[[ Task material, beginning ]]

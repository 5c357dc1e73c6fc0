// The scissor box cut to a render target (raster.rs, RenderTarget::scissor_bounds), and the checks on targets and boxes.
#![tactic(auto)]

ghost use Rattle.std.specs.Prelude.{◌≡◌, ◌^◌, pos, ◌<ℤ◌};
ghost use Rattle.answers.specs.Results.{answer_number};
ghost use Rattle.scissor.specs.Scissor.{from_zero, box_of, cut_of, bounds_of};
ghost use Rattle.scissor.specs.Check.{target_fits, number_fits, numbers_fit, scissor_fits, check_of};

use answers::Refusal;
use settings::{PipelineState, ScissorBox};

// Columns x0 to x1 and rows y0 to y1 of a target, rows from the top, the ends left out.
#[derive(Clone, Copy, Debug, PartialEq, Eq, Hash)]
pub struct PixelBox {
    pub x0: u32,
    pub y0: u32,
    pub x1: u32,
    pub y1: u32,
}

// The number, or 0 below zero.
fn from_zero(v: i64) -> u32
    requires { v <ℤ pos (2 ^ 32) }
    ensures { result ≡ from_zero v }
{
    u32::try_from(v).unwrap_or(0)
}

// The box of these columns and rows, where it has any.
pub fn box_of(x0: u32, y0: u32, x1: u32, y1: u32) -> Option<PixelBox>
    ensures { result ≡ box_of x0 y0 x1 y1 }
{
    (x0 < x1 && y0 < y1).then_some(PixelBox { x0, y0, x1, y1 })
}

// The scissor's y counts from the bottom.
#[tactic(auto, unfolding(crate::specs::Scissor::cut_of))]
fn cut(width: u32, height: u32, b: ScissorBox) -> Option<PixelBox>
    ensures { result ≡ cut_of width height b.x b.y b.width b.height }
{
    let (x, y) = (i64::from(b.x), i64::from(b.y));
    let (right, top) = (x + i64::from(b.width), y + i64::from(b.height));
    box_of(
        from_zero(x),
        height.saturating_sub(from_zero(top)),
        from_zero(right).min(width),
        height.saturating_sub(from_zero(y)),
    )
}

// Kept: sides and scissor come apart, the sides from a target and the scissor from a clear's call or a draw's settings; each caller would
// build a struct for this one call (5c)
#[tactic(auto, unfolding(crate::specs::Scissor::bounds_of))]
pub fn scissor_bounds(width: u32, height: u32, scissor: Option<ScissorBox>) -> Option<PixelBox>
    ensures { result ≡ bounds_of width height scissor }
{
    let whole = PixelBox {
        x0: 0,
        y0: 0,
        x1: width,
        y1: height,
    };
    scissor.map_or(Some(whole), |b| cut(width, height, b))
}

// A scissor's or viewport's number.
#[tactic(auto, unfolding(crate::specs::Check::number_fits))]
pub fn number_fits(v: i32) -> bool
    ensures { result ≡ number_fits v }
{
    (-PipelineState::MAX_WINDOW_NUMBER..=PipelineState::MAX_WINDOW_NUMBER).contains(&v)
}

// Kept: a vertex's test is of other fields, floats, and has the chain alone in common (2b)
#[tactic(auto, unfolding(crate::specs::Check::numbers_fit))]
fn box_fits(b: ScissorBox) -> bool
    ensures { result ≡ numbers_fit b.x b.y b.width b.height }
{
    number_fits(b.x) && number_fits(b.y) && number_fits(b.width) && number_fits(b.height)
}

#[tactic(auto, unfolding(crate::specs::Check::scissor_fits))]
pub fn scissor_fits(scissor: Option<ScissorBox>) -> bool
    ensures { result ≡ scissor_fits scissor }
{
    scissor.is_none_or(box_fits)
}

// Kept: check 1 needs both lengths, and a clear or an export has one of the two slices: a slice, or a struct of both, would ask more of
// callers (5c, 6b)
#[tactic(auto, using(std::proofs::lemmas::Bool::Decides::nat_tests), unfolding(crate::specs::Check::target_fits))]
pub fn target_fits(width: u32, height: u32, colors: usize, depths: usize) -> bool
    ensures { result ≡ target_fits width height colors depths }
{
    let pixels = width as usize * height as usize;
    width <= PipelineState::MAX_TARGET_SIDE
        && height <= PipelineState::MAX_TARGET_SIDE
        && colors == 4 * pixels
        && depths == pixels
}

// Checks 1 and 2. colors, depths: how many there are.
// Kept: the parameters are target_fits's own, handed on (5c, 6b)
// Kept: draw_checks' check_late has one refusal after another in common with it, and other tests (2b)
#[tactic(auto, unfolding(crate::specs::Check::check_of))]
pub fn check(
    width: u32,
    height: u32,
    colors: usize,
    depths: usize,
    scissor: Option<ScissorBox>,
) -> Result<(), Refusal>
    ensures { answer_number result ≡ check_of width height colors depths scissor }
{
    if !target_fits(width, height, colors, depths) {
        return Err(Refusal::Target);
    }
    if !scissor_fits(scissor) {
        return Err(Refusal::Scissor);
    }
    Ok(())
}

[[ Task material, end ]]

Using the entries above, give again each line from the one containing "fn box_fits(b: ScissorBox) -> bool" through the last line, exactly and only those.

fn box_fits(b: ScissorBox) -> bool
    ensures { result ≡ numbers_fit b.x b.y b.width b.height }
{
    number_fits(b.x) && number_fits(b.y) && number_fits(b.width) && number_fits(b.height)
}

#[tactic(auto, unfolding(crate::specs::Check::scissor_fits))]
pub fn scissor_fits(scissor: Option<ScissorBox>) -> bool
    ensures { result ≡ scissor_fits scissor }
{
    scissor.is_none_or(box_fits)
}

// Kept: check 1 needs both lengths, and a clear or an export has one of the two slices: a slice, or a struct of both, would ask more of
// callers (5c, 6b)
#[tactic(auto, using(std::proofs::lemmas::Bool::Decides::nat_tests), unfolding(crate::specs::Check::target_fits))]
pub fn target_fits(width: u32, height: u32, colors: usize, depths: usize) -> bool
    ensures { result ≡ target_fits width height colors depths }
{
    let pixels = width as usize * height as usize;
    width <= PipelineState::MAX_TARGET_SIDE
        && height <= PipelineState::MAX_TARGET_SIDE
        && colors == 4 * pixels
        && depths == pixels
}

// Checks 1 and 2. colors, depths: how many there are.
// Kept: the parameters are target_fits's own, handed on (5c, 6b)
// Kept: draw_checks' check_late has one refusal after another in common with it, and other tests (2b)
#[tactic(auto, unfolding(crate::specs::Check::check_of))]
pub fn check(
    width: u32,
    height: u32,
    colors: usize,
    depths: usize,
    scissor: Option<ScissorBox>,
) -> Result<(), Refusal>
    ensures { answer_number result ≡ check_of width height colors depths scissor }
{
    if !target_fits(width, height, colors, depths) {
        return Err(Refusal::Target);
    }
    if !scissor_fits(scissor) {
        return Err(Refusal::Scissor);
    }
    Ok(())
}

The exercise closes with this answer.